//! The code of README.md, which `tests/pages/pages.py` of the repository looks for here.

ghost use Rattle.std.specs.Prelude.{◌≡◌, ◌<◌, length};

use crate::tests::games::{game, mask};
use pg_finders::{Inside, Small, find_small, zielonka};
use pg_game::{Game, Mask, Player};
use pg_test_support::{EVEN, ODD, Vertex, check_eq};
use std::alloc::{AllocError, Global};
use std::process::Abort;

/// What is said of a part of a game, with a search for a dominion of Even's that holds the seed.
fn said(alloc: Global, game: &Game, mask: Mask, seed: u32) -> Result<String, AllocError>
    requires size { length mask ≡ length game.now }
    requires seed { seed < length game.now }
{
    let Ok(inside) = Inside::new(game, mask) else {
        return format!(in alloc; "no subgame");
    };
    // solved.even and solved.odd are claims that share the mask out
    let solved = zielonka(alloc, &inside)?;
    let won = solved.even.rows.as_slice().len();
    said_of_small(alloc, inside, seed, won)
}

/// What is said of a search that begins at the seed.
fn said_of_small(alloc: Global, inside: Inside, seed: u32, won: usize) -> Result<String, AllocError>
    requires { seed < length inside.graph }
{
    let seeds = [seed];
    match find_small(alloc, &inside, Player::Even, seeds.as_slice(), 4, 10_000)? {
        // a claim of at most four vertices, with a seed among them
        Small::Found(claim) => {
            let rows = claim.rows.as_slice().len();
            format!(in alloc; "Even wins {won}; a claim has {rows}")
        }
        // proved: there is none
        Small::Nothing => format!(in alloc; "Even wins {won}; no small claim has a seed"),
        // the budget ended the search
        Small::GaveUp => format!(in alloc; "Even wins {won}; nothing was found"),
    }
}

/// Compares what is said of the part of a game that a set of its vertices is.
fn compare_said(rt: &impl Abort, alloc: Global, game: &Game, members: u32, want: &str) {
    assert!(*rt; game.len() > 0);
    let found = said(alloc, game, mask(rt, alloc, game, members), 0).expect(rt, "memory");
    check_eq!(*rt; found.as_str(), want);
}

const VERTICES: &[Vertex] = &[(2, EVEN, &[0, 1]), (1, ODD, &[1]), (0, ODD, &[0])];

const SAID: &[(u32, &str)] = &[
    (0b111, "Even wins 2; a claim has 1"),
    (0b100, "no subgame"),
    (0b10, "Even wins 0; no small claim has a seed"),
];

#[test]
fn a_part_of_a_game_is_solved_and_searched(rt: HostRuntime) {
    let alloc = rt.alloc();
    let game = game(&rt, alloc, VERTICES);
    for (members, want) in SAID {
        compare_said(&rt, alloc, &game, *members, *want);
    }
}
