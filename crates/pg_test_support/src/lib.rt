//! What the crates of tests share: assertions, games by tables, sets of vertices, and numbers that look
//! random. It is used by tests alone.
#![tactic(auto)]

mod asserting;
mod draft;
mod memory;
mod random;
mod sets;

pub use draft::{Draft, EVEN, ODD, Plain, Row, Vertex, game_of, game_of_sets, own_loops, size_of};
pub use memory::{lacking, needed};
pub use random::{Random, random_game};
pub use sets::{bit, has, mask_of};
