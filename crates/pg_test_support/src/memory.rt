//! How a test ends where memory is refused to what it needs itself. `tests/program/refused_calls.py` of the
//! repository knows the message.

use std::test::Fail;

pub fn lacking() -> Fail {
    Fail::from("no memory for the test itself")
}

/// What the test needs itself, or its one message where memory is refused to that.
pub fn needed<T, E: Drop>(made: Result<T, E>) -> Result<T, Fail> {
    match made {
        Ok(value) => Ok(value),
        Err(_) => Err(lacking()),
    }
}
—————
Work order ->
Word for word, restate the lines above from the line containing "for (members, want)" through the line containing "mod asserting;", with both included and nothing else.

Answer to the problem ->
    for (members, want) in SAID {
        compare_said(&rt, alloc, &game, *members, *want);
    }
}
filename crates/pg_test_support/src/lib.rt
//! What the crates of tests share: assertions, games by tables, sets of vertices, and numbers that look
//! random. It is used by tests alone.
#![tactic(auto)]

mod asserting;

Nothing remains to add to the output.